# Welches Kabel zum übertragen der Projektierung OP17 DP ?



## JensPipka (21 April 2004)

Hi...

Mit welchem Kabel übertrage ich die projektierung vom PC
zum OP17 DP ?` (bestellnummer)

Im Handbuch steht immer nur was vom Standartkabel (seriell)

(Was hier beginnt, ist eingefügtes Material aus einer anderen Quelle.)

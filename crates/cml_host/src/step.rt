//! The command `step`: a run that is gone through by hand.

ghost use Rattle.std.specs.Prelude.{◌≡◌, ◌≤◌, ◌∷◌, [], IfOk, IfErr, OnOk, OnErr, IsTrue, None, Some, map, option_map};
ghost use Rattle.cml_check.specs.Sizes.{size_of};
ghost use Rattle.cml_host.specs.{Between.{between}, Narrated.{Writes}, Replies.{passage, plain_file, plain_of, plain_reply}, Scripts.{plain_script}};
ghost use Rattle.cml_host.specs.Stepped.{HasTalkCause, HubStepped, IsAnsweredBy, IsNotHeld, IsAtHand, IsSaving, IsTurnLost, IsTurnTaken, IsUnanswered, ScriptStepped, StepOutcome, StepsSo, TalkIsCut, TalksOut};
ghost use Rattle.cml_host.specs.Stores.{IsUnchanged, Shelf};
ghost use Rattle.cml_host.specs.Stepped as spec;
ghost use Rattle.cml_hub.specs.{Courses.{run_of}, Kept.{IsAtStart, NoneOut}, Runs.{stands}};
ghost use Rattle.cml_phrase.specs.Spots.{all_places};
ghost use Rattle.cml_schedule.specs.Written.{schedule_text};
ghost use Rattle.cml_step.specs.Calls.{text_of};
ghost use Rattle.cml_stepper.specs.Steppers.{places_known, FollowsTo};
ghost use Rattle.cml_stream.specs.{Counts.{Calls, counted}, Streams.{Stream, stream, IsSpent, Supplies}};
ghost use Rattle.cml_trace.specs.{Faults.{IsWriteFailure}, Live.{max_turns, HasTurnCause, IsFlushed}};

use crate::close::{Subject, subject_of};
use crate::output::write_words;
use crate::refusal::Refusal;
use crate::reply::{File, Reply, carry_out};
use crate::script::{Script, open_script};
use crate::store::Store;
use crate::tell::{let_go, schedule_file};
use crate::trace::faulted;
use cml_arguments::StepOptions;
use cml_hub::Hub;
use cml_stepper::{Reply as Answer, Run, Stepper, push_question, push_reply};
use cml_stream::Counting;
use cml_stream::input_output::WriteFault;
use cml_trace::{MAX_TURNS, TraceFault};
use std::alloc::{AllocError, Global};
use std::io::{ErrorKind, Read, Write};

// How many steps the run may take by the schedule that is saved.
const STEPS: u64 = 1_000_000;

/// Goes through a run of the script that lies under its name, by hand: each question is written and flushed, and a line is read and answered,
/// up to the one that ends it or the end of the input. Nothing behind that line is read. Then the schedule is saved, where that is asked for.
pub fn step_file<I: Read, O: Write, E: Write, S: Store>(
    alloc: Global,
    options: &StepOptions<'_>,
    input: &mut Counting<'_, I>,
    out: &mut Counting<'_, O>,
    err: &mut Counting<'_, E>,
    store: &mut S,
) -> u8
    requires given { (input.old.calls ≡ 0) × (input.old.failed ≡ 0) }
    requires fresh { (out.old.calls ≡ 0) × (out.old.failed ≡ 0) }
    ensures ran { let given = between I.remaining input.old input.new in
        let output = passage O.contents out.old out.new in
        let errors = passage E.contents err.old err.new in
        let shelf : Shelf = record { before = S.holds store.old; after = S.holds store.new } in
        StepOutcome options.now given output errors shelf result }
    ensures most { input.new.calls ≤ max_turns }
    ensures same_in { input.new.stream.ghost_name ≡ input.old.stream.ghost_name }
    ensures same_out { out.new.stream.ghost_name ≡ out.old.stream.ghost_name }
    ensures same_err { err.new.stream.ghost_name ≡ err.old.stream.ghost_name }
{
    let made = step_there(alloc, options, input, out, store);
    carry_out(alloc, "", &made, out, err, store)
}

// Goes through it, and returns what is left to save and to say.
fn step_there<I: Read, O: Write, S: Store>(
    alloc: Global,
    options: &StepOptions<'_>,
    input: &mut Counting<'_, I>,
    out: &mut Counting<'_, O>,
    store: &mut S,
) -> Result<Reply, Refusal>
    requires given { (input.old.calls ≡ 0) × (input.old.failed ≡ 0) }
    requires fresh { (out.old.calls ≡ 0) × (out.old.failed ≡ 0) }
    ensures told { let given = between I.remaining input.old input.new in
        StepsSo options.now (S.holds store.old) given (passage O.contents out.old out.new) (plain_reply [] result) }
    ensures same { IsUnchanged (S.holds store.old) (S.holds store.new) }
    ensures most { input.new.calls ≤ max_turns }
    ensures same_in { input.new.stream.ghost_name ≡ input.old.stream.ghost_name }
    ensures same_out { out.new.stream.ghost_name ≡ out.old.stream.ghost_name }
{
    match open_script(alloc, options.script, true, store) {
        Ok(script) => step_script(alloc, script, options, input, out),
        Err(why) => Err(why),
    }
}

// The same of the script.
fn step_script<I: Read, O: Write>(
    alloc: Global,
    script: Script,
    options: &StepOptions<'_>,
    input: &mut Counting<'_, I>,
    out: &mut Counting<'_, O>,
) -> Result<Reply, Refusal>
    requires given { (input.old.calls ≡ 0) × (input.old.failed ≡ 0) }
    requires fresh { (out.old.calls ≡ 0) × (out.old.failed ≡ 0) }
    ensures told { let given = between I.remaining input.old input.new in
        ScriptStepped options.now (plain_script script) given (passage O.contents out.old out.new) (plain_reply [] result) }
    ensures most { input.new.calls ≤ max_turns }
    ensures same_in { input.new.stream.ghost_name ≡ input.old.stream.ghost_name }
    ensures same_out { out.new.stream.ghost_name ≡ out.old.stream.ghost_name }
{
    let (program, subject) = subject_of(options.script, script);
    match Hub::begin(alloc, program, STEPS, None) {
        Ok(mut hub) => {
            let made = step_hub(alloc, &mut hub, &subject, options.record, input, out);
            let_go(hub);
            made
        }
        Err(back) => {
            drop(back.value);
            Err(Refusal::Memory)
        }
    }
}

// Goes through the run of the hub by hand, and returns its schedule, where it is to be saved.
fn step_hub<I: Read, O: Write>(
    alloc: Global,
    hub: &mut Hub,
    subject: &Subject<'_>,
    save_as: Option<&str>,
    input: &mut Counting<'_, I>,
    out: &mut Counting<'_, O>,
) -> Result<Reply, Refusal>
    requires start { IsAtStart hub.old.course.program spec.stepped_budget None hub.old }
    requires given { (input.old.calls ≡ 0) × (input.old.failed ≡ 0) }
    requires fresh { out.old.failed ≡ 0 }
    ensures stepped { let given = between I.remaining input.old input.new in
        let output = passage O.contents out.old out.new in
        let name = option_map (λ name. name.now) save_as.entry in
        HubStepped (all_places subject.now.text.items subject.now.forms.items) hub.old.course.program name hub.old given output (plain_reply [] result) }
    ensures most { input.new.calls ≤ max_turns }
    ensures same_in { input.new.stream.ghost_name ≡ input.old.stream.ghost_name }
    ensures same_out { out.new.stream.ghost_name ≡ out.old.stream.ghost_name }
{
    match hold(alloc, hub, subject, input, out) {
        Ok(()) => saved(alloc, hub, save_as),
        Err(why) => Err(faulted(why)),
    }
}

// The schedule of the hub, where it is to be saved.
fn saved(alloc: Global, hub: &Hub, save_as: Option<&str>) -> Result<Reply, Refusal>
    ensures { let schedule = schedule_text hub.now.budget (size_of hub.now.course.program) hub.now.course.items in
        IsSaving (option_map (λ name. name.now) save_as.entry) schedule (plain_reply [] result) }
{
    let files = schedule_file(alloc, hub, true, save_as)?;
    Ok(saving(alloc, files))
}

// A reply by which these files are saved, and nothing is said.
fn saving(alloc: Global, files: Vec<File>) -> Reply
    ensures { plain_of result ≡ spec.saves (map plain_file files.items) }
{
    Reply {
        output: Vec::new(alloc),
        files,
        words: Vec::new(alloc),
        status: 0,
    }
}

// The run of the hub is gone through by hand, from its beginning on.
fn hold<I: Read, O: Write>(
    alloc: Global,
    hub: &mut Hub,
    subject: &Subject<'_>,
    input: &mut Counting<'_, I>,
    out: &mut Counting<'_, O>,
) -> Result<(), TraceFault>
    requires start { hub.old.course.items ≡ [] }
    requires none_out { NoneOut hub.old }
    requires uncalled { (input.old.calls ≡ 0) × (input.old.failed ≡ 0) × (out.old.failed ≡ 0) }
    ensures ok { let given = stream (I.remaining input.old.stream.now) (I.remaining input.new.stream.now) in
        let output = stream (O.contents out.old.stream.now) (O.contents out.new.stream.now) in
        OnOk result (TalksOut (all_places subject.now.text.items subject.now.forms.items) hub.old [] hub.new given output) }
    ensures err { let given = stream (I.remaining input.old.stream.now) (I.remaining input.new.stream.now) in
        let output = stream (O.contents out.old.stream.now) (O.contents out.new.stream.now) in
        IfErr result (IsNotHeld (all_places subject.now.text.items subject.now.forms.items) hub.old given output) }
    ensures cause { let reads : Calls = record { calls = input.new.calls; failed = input.new.failed } in
        let writes : Calls = record { calls = out.new.calls; failed = out.new.failed } in
        HasTalkCause max_turns result reads writes }
    ensures leads { OnOk result (stands (text_of hub.new.course.program) hub.new.course.items ≡ Some (run_of hub.new.course)) }
    ensures most { input.new.calls ≤ max_turns }
    ensures same { (input.new.stream.ghost_name ≡ input.old.stream.ghost_name) × (out.new.stream.ghost_name ≡ out.old.stream.ghost_name) }
{
    let text = subject.text.as_slice();
    let forms = subject.forms.as_slice();
    let mut stepper = Stepper::new(alloc, text, forms)?;
    let result = talk(alloc, MAX_TURNS, &mut stepper, hub, subject, input, out);
    drop(stepper);
    let _led = hub.schedule();
    result
}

Habe an meinem Laptop nur COM 1 (9pol) und USB.....

Vielen Dank....     


MfG

Jens


----------



## Anonymous (21 April 2004)

*Kabel für Übertragung OP17 Projektierung*

Hallo JensPipka,

ich verwende dafür die Steckleitung 6XV1440-2KH32 von Siemens.
Das ist ein 3,2 Meter langes Kabel für die COM-Schnittstelle. 
Kostet laut Siemens Katalog 66 Euro. Kannst dieses aber auch leicht
selber löten. Wenn Du willst sende ich Dir die Belegung.

Gruss

Andi F


----------



## Markus (21 April 2004)

jo ist ein serielles kabel ohne elektronik.

1x9pol und 1x15pol

belegung weiß ich nicht, hatte ich aber damals aus einem handbuch.
(vermutlich das vom op)


----------



## Balou (21 April 2004)

Moin

guckst du hier

http://www.lammertbies.nl/comm/cable/plc.html 

MfG

Balou


----------



## sps-concept (21 April 2004)

*OP17*

Hallo, 

auf das OP17 kann man auch mit einem S5-Kabel.

MfG
André Räppel


----------



## SPS Markus (21 April 2004)

......
        aber nur wenn du mit einem SIEMENS PG arbeitest.......

Markus


----------



## Anonymous (21 April 2004)

*Danke.....*

Vielen Dank....
 

Ja, die Steckerbelegung hätte ich sehr gerne

(Ich liebe dieses Forum    :wink: )


Tschööö


Jens Pipka


----------



## Anonymous (22 April 2004)

PC        OP
5      -   12
3      -   3
2      -   4

hab ich letzte Woche gelötet

Günter


----------



## JensPipka (23 April 2004)

*Danke...*

Habts auch gelötet und funktioniert....   :lol: 


und nochmals Danke an alle



Gruß

Jens


----------



## Anonymous (25 April 2004)

*Kabel*

das dürfte auch mit nem PC-Kabel für die S5 gehen.

Schönen Abend
Frank


----------